■ Required action:
For the string "also", state how many lines of the data hold it. Give nothing besides the number.

-- Input records follows --

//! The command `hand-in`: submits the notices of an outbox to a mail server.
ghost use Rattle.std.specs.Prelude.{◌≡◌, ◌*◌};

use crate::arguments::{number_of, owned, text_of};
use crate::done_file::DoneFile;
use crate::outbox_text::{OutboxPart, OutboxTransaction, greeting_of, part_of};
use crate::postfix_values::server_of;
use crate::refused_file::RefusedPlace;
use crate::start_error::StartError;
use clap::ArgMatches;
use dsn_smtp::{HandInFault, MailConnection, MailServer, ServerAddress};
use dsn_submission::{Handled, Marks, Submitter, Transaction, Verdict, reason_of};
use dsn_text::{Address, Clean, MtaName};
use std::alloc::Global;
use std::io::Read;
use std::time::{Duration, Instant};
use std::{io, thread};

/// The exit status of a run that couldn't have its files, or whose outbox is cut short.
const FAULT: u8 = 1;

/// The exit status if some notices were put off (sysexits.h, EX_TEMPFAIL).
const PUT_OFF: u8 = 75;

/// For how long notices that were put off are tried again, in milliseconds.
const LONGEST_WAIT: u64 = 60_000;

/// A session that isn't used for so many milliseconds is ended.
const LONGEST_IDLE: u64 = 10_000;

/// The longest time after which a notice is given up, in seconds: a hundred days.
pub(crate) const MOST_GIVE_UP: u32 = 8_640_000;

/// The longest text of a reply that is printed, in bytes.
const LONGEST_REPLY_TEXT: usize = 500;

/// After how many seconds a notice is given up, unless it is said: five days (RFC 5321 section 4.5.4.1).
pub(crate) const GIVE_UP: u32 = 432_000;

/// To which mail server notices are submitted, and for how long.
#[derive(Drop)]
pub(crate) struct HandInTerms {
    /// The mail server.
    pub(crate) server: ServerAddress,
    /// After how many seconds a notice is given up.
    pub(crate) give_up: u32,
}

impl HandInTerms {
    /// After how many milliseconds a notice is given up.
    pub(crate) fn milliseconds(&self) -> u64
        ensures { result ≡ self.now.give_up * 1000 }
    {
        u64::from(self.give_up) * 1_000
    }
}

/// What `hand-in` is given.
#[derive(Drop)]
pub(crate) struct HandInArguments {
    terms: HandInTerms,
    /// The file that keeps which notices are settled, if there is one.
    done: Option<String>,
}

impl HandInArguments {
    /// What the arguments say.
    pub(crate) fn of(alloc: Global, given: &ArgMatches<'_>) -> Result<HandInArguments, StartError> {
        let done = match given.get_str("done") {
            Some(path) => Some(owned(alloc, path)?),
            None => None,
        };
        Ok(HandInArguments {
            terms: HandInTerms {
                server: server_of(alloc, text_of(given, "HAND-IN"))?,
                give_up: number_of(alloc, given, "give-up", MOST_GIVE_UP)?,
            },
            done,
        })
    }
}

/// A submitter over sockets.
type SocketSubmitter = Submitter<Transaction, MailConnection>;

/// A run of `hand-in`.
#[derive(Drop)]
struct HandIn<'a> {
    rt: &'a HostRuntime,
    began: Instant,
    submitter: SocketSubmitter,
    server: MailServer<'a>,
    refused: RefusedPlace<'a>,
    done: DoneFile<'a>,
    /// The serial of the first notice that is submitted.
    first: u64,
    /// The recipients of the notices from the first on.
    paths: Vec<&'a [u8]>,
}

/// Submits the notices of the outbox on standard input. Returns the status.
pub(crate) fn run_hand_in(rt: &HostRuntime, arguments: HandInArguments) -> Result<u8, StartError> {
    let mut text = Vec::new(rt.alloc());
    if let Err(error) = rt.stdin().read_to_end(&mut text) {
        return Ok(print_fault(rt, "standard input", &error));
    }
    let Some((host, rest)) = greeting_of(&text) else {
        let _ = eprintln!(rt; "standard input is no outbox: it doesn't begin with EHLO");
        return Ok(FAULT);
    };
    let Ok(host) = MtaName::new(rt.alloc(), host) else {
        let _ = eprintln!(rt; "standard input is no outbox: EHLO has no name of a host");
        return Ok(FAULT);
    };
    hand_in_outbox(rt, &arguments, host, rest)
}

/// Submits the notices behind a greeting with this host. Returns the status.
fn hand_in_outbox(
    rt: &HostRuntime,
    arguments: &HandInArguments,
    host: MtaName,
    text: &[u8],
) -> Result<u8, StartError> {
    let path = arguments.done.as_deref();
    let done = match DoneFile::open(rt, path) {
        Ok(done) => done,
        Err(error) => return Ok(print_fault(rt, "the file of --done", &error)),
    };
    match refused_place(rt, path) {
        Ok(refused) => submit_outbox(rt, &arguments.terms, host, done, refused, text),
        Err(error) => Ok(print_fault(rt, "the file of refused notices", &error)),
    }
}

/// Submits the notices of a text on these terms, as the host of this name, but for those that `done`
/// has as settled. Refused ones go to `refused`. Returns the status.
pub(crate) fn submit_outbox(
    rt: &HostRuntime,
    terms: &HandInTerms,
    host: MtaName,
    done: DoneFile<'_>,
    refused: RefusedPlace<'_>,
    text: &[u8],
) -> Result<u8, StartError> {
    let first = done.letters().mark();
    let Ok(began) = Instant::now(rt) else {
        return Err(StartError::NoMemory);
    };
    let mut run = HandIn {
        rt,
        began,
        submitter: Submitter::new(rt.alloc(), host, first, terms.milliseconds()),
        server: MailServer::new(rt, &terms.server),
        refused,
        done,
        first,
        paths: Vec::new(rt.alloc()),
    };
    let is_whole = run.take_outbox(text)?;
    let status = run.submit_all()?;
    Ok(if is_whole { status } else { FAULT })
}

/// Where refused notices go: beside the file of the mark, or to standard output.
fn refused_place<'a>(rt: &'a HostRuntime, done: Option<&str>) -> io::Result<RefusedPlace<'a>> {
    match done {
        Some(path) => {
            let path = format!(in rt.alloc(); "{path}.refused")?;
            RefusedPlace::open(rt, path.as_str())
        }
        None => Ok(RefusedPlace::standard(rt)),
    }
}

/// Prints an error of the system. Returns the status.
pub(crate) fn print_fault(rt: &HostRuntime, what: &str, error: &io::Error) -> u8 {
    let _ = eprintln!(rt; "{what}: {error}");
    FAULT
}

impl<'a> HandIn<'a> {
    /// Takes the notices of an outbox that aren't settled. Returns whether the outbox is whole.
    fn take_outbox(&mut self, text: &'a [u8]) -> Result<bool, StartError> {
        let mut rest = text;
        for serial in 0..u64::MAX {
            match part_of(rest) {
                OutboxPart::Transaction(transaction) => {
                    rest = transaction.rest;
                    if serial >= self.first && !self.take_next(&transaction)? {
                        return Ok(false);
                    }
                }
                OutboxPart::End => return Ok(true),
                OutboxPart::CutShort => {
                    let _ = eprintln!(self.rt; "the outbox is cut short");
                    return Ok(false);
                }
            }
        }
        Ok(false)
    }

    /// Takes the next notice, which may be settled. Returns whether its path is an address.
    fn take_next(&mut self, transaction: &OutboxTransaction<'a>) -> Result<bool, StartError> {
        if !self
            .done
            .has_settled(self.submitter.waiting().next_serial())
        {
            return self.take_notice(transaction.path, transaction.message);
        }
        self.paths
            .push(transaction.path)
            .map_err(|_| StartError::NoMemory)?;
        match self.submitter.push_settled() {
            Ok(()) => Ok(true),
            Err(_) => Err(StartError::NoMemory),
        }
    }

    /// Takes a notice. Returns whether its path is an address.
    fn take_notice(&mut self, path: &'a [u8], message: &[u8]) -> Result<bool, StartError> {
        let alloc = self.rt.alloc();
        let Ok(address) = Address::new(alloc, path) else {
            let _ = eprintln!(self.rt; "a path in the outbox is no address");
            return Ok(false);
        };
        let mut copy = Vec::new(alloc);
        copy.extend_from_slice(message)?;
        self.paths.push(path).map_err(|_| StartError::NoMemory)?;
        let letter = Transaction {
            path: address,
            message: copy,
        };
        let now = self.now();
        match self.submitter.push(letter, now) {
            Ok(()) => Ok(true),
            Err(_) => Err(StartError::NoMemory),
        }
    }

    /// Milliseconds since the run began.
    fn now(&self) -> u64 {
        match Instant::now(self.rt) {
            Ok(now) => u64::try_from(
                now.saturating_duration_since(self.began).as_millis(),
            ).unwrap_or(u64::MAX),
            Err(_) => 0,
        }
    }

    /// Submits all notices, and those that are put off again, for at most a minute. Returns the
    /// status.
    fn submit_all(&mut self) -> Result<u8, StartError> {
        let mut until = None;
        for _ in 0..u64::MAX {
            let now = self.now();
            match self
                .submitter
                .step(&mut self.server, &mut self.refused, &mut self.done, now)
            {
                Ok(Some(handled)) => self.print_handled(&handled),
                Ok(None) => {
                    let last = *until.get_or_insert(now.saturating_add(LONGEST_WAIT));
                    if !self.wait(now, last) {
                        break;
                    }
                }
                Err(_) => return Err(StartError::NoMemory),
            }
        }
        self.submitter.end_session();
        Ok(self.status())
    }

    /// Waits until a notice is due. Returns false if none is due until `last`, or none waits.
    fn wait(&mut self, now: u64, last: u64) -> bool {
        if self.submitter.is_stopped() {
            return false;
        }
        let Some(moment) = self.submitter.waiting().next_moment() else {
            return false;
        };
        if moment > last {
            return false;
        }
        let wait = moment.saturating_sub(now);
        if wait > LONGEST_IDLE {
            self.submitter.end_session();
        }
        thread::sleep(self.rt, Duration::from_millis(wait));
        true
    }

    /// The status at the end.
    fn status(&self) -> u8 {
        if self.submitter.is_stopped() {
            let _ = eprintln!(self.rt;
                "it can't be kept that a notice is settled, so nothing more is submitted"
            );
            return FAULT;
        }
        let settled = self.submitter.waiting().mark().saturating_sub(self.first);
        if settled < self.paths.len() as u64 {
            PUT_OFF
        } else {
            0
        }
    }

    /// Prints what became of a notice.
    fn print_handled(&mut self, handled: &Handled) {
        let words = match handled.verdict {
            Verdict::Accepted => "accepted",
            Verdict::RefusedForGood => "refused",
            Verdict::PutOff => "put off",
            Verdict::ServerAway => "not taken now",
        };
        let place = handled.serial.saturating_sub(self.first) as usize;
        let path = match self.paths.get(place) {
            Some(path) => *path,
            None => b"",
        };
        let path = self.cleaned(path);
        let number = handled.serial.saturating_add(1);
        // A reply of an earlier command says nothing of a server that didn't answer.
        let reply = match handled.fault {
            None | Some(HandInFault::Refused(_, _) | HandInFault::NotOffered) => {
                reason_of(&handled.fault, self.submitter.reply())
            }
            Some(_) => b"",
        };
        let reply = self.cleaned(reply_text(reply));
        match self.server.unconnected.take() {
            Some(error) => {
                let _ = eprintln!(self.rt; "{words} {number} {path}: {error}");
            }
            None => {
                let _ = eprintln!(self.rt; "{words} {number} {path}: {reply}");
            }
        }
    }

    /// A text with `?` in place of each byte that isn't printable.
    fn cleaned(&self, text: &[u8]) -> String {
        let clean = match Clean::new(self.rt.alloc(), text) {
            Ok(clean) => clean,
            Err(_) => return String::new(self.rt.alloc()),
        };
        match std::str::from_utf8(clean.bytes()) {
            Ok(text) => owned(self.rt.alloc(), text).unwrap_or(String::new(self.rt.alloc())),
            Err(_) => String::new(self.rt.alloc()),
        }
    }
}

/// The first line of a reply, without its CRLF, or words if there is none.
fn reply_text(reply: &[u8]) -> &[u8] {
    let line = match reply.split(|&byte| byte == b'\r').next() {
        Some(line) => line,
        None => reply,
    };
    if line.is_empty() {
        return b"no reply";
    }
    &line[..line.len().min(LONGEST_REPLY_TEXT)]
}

-- Input records concluded --
-- Input records follows --

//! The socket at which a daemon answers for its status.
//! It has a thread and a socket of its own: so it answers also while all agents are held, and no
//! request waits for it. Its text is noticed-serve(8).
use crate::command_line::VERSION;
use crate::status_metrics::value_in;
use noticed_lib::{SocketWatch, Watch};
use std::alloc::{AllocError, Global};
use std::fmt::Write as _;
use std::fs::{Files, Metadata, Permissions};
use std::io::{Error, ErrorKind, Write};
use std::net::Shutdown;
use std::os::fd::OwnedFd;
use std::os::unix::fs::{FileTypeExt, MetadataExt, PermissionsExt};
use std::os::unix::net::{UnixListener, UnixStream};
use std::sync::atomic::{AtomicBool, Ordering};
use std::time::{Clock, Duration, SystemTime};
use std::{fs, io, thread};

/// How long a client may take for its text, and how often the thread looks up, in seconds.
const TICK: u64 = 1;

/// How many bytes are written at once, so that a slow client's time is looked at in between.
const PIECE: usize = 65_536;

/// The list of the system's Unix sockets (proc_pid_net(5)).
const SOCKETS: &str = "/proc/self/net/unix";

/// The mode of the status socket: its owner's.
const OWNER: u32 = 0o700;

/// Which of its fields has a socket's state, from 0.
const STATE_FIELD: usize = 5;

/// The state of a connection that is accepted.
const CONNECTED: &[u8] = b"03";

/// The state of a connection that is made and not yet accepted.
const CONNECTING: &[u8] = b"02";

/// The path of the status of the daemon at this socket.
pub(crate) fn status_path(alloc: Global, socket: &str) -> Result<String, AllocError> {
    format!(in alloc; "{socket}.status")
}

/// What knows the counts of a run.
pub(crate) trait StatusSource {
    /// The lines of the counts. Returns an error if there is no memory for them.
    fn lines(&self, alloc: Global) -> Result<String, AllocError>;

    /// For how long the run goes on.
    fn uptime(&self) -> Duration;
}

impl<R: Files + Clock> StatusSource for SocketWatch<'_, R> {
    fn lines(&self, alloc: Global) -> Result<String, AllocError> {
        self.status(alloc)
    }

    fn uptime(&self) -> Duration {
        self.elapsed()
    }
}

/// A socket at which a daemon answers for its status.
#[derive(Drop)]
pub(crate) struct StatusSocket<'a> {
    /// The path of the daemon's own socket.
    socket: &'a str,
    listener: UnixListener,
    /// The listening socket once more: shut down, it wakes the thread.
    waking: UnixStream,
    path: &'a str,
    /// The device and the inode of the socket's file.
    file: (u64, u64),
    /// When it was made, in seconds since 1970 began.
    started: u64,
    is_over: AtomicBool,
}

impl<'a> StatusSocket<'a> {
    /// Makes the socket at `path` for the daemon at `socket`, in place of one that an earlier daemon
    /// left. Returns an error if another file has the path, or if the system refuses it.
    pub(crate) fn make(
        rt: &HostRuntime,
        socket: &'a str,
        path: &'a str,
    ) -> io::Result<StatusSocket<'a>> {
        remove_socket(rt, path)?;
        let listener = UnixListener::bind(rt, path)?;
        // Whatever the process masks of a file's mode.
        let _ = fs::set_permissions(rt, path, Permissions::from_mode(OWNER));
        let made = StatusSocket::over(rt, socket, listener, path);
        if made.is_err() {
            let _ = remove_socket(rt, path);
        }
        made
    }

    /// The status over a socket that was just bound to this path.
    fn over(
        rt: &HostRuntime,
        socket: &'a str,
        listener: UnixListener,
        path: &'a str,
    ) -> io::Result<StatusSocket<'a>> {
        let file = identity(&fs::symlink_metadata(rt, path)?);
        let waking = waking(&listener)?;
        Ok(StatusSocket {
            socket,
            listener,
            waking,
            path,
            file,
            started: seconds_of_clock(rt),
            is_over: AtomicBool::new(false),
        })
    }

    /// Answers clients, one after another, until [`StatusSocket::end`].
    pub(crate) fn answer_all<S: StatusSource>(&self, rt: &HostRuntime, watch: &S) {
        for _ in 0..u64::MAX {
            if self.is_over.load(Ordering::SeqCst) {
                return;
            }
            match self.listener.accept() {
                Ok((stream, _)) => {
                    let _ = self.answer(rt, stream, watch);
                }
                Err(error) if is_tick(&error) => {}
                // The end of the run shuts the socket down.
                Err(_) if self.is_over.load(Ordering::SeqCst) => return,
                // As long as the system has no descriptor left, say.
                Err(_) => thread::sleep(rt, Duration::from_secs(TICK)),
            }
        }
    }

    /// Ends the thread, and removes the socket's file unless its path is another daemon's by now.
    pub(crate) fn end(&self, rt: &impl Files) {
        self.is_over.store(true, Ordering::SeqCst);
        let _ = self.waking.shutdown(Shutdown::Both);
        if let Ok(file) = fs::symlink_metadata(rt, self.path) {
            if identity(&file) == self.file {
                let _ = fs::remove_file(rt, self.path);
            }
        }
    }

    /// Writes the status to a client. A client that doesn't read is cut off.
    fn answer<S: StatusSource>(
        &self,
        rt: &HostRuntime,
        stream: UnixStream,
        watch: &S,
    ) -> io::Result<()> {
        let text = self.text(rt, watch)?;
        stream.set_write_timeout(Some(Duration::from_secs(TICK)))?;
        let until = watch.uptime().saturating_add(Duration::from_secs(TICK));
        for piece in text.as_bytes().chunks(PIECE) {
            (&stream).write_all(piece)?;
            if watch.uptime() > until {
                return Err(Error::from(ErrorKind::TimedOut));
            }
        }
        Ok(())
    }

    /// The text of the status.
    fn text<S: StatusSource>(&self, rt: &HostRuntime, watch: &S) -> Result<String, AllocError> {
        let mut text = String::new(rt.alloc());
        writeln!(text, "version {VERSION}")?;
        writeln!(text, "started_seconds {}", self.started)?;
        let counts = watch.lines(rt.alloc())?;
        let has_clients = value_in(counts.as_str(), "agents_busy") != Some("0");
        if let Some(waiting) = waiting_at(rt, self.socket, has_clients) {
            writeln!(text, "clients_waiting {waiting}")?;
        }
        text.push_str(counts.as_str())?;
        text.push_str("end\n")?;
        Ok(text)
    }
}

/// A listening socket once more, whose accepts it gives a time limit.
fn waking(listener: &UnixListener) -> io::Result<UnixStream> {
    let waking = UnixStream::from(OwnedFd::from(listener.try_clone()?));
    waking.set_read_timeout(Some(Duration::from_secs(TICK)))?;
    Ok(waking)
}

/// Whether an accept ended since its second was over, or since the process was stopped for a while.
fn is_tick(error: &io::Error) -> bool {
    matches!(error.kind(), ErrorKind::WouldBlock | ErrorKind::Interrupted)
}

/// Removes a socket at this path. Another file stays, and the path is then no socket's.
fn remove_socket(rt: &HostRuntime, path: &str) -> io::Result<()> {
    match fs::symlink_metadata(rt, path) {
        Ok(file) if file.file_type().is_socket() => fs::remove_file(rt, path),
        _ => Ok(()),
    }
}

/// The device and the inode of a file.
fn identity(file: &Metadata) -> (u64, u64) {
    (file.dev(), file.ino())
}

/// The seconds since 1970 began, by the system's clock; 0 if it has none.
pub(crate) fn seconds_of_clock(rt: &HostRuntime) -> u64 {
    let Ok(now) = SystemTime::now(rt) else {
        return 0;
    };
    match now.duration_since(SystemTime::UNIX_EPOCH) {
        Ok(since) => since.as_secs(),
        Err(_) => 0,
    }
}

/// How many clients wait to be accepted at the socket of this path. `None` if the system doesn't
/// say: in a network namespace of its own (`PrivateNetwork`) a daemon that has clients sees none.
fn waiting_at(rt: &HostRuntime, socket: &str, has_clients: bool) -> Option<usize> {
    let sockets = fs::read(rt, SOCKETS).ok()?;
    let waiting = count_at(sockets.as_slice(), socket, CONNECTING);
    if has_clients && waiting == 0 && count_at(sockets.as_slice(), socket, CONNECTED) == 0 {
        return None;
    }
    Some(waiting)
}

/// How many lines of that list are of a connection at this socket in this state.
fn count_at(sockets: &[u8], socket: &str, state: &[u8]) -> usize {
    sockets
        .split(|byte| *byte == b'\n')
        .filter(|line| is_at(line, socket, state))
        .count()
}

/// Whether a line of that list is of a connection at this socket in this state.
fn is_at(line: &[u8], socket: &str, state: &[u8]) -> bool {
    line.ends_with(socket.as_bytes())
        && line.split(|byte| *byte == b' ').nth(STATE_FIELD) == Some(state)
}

-- Input records concluded --
-- Input records follows --

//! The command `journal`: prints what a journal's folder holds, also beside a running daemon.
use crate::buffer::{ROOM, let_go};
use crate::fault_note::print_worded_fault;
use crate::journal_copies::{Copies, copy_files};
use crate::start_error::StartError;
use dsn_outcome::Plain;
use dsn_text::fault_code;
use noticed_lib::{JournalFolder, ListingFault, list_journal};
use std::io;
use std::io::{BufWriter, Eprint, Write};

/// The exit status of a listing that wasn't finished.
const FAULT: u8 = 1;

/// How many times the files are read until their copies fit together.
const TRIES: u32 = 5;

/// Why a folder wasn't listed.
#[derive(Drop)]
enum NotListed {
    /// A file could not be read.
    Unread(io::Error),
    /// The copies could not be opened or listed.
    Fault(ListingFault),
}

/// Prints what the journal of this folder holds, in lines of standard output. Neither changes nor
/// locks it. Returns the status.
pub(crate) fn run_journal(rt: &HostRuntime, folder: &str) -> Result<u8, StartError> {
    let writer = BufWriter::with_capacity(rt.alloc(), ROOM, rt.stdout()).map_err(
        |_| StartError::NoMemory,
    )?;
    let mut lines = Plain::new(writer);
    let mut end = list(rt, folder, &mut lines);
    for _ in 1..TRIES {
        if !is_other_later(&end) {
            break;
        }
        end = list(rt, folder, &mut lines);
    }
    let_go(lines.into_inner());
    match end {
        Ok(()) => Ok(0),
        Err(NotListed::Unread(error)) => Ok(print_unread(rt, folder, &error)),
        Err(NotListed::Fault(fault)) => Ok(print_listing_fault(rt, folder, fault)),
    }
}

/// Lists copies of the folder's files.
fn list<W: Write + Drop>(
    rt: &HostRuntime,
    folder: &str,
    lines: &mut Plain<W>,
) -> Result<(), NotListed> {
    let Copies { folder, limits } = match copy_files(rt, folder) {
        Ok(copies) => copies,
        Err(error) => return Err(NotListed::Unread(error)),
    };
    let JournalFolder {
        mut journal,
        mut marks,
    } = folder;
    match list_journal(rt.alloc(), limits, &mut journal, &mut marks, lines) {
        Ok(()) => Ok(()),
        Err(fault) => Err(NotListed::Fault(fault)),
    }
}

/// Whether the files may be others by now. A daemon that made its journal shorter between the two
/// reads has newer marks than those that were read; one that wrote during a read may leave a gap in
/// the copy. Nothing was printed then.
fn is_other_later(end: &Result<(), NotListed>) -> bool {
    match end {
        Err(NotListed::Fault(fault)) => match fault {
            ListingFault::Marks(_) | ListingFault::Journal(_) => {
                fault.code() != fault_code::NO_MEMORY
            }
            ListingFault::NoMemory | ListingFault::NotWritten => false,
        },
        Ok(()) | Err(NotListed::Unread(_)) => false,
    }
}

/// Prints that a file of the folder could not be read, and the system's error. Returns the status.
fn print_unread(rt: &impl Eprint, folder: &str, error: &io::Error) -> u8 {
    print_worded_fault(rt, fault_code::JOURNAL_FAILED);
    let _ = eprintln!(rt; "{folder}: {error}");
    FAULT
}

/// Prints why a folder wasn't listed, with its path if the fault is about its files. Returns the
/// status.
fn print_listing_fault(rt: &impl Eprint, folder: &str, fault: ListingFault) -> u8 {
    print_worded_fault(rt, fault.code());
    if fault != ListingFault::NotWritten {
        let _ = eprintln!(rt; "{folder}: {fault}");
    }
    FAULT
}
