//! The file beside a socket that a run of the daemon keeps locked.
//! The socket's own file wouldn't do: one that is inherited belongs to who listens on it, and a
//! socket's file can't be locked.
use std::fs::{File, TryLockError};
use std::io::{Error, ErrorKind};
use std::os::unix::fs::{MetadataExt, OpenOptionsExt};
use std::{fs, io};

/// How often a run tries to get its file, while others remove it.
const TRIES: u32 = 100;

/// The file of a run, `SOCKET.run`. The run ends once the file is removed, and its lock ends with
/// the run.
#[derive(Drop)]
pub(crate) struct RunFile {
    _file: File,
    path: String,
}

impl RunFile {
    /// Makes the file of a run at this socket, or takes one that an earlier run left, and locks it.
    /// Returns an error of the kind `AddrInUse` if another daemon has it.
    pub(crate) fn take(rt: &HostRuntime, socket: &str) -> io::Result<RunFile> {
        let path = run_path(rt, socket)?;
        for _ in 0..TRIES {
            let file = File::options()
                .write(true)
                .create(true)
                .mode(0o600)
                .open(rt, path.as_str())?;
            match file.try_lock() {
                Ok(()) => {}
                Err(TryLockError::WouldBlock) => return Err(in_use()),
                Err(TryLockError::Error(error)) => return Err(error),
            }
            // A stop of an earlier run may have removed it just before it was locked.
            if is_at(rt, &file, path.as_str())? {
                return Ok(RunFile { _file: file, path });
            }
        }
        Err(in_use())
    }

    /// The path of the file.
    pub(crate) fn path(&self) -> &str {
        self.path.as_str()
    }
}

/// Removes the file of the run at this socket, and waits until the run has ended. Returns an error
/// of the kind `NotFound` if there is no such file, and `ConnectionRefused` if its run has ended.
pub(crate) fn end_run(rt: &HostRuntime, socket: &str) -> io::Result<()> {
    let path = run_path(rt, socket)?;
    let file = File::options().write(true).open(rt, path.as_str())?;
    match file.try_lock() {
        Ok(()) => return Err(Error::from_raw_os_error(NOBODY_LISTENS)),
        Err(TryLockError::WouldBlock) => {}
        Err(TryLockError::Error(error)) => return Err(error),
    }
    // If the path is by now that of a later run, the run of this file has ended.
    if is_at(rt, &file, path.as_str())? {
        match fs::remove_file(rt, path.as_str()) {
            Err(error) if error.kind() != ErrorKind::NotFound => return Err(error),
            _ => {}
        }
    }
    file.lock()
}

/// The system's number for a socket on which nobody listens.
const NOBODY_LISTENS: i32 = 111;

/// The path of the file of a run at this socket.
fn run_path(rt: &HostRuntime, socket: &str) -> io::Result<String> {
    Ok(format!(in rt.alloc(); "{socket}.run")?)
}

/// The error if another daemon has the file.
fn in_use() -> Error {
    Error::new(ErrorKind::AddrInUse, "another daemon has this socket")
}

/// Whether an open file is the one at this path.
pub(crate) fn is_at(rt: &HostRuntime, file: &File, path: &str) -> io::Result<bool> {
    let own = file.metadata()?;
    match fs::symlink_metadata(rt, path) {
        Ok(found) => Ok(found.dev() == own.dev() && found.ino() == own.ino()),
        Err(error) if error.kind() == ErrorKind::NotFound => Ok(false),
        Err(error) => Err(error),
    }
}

-- Input records concluded --

■ Result of this task:
2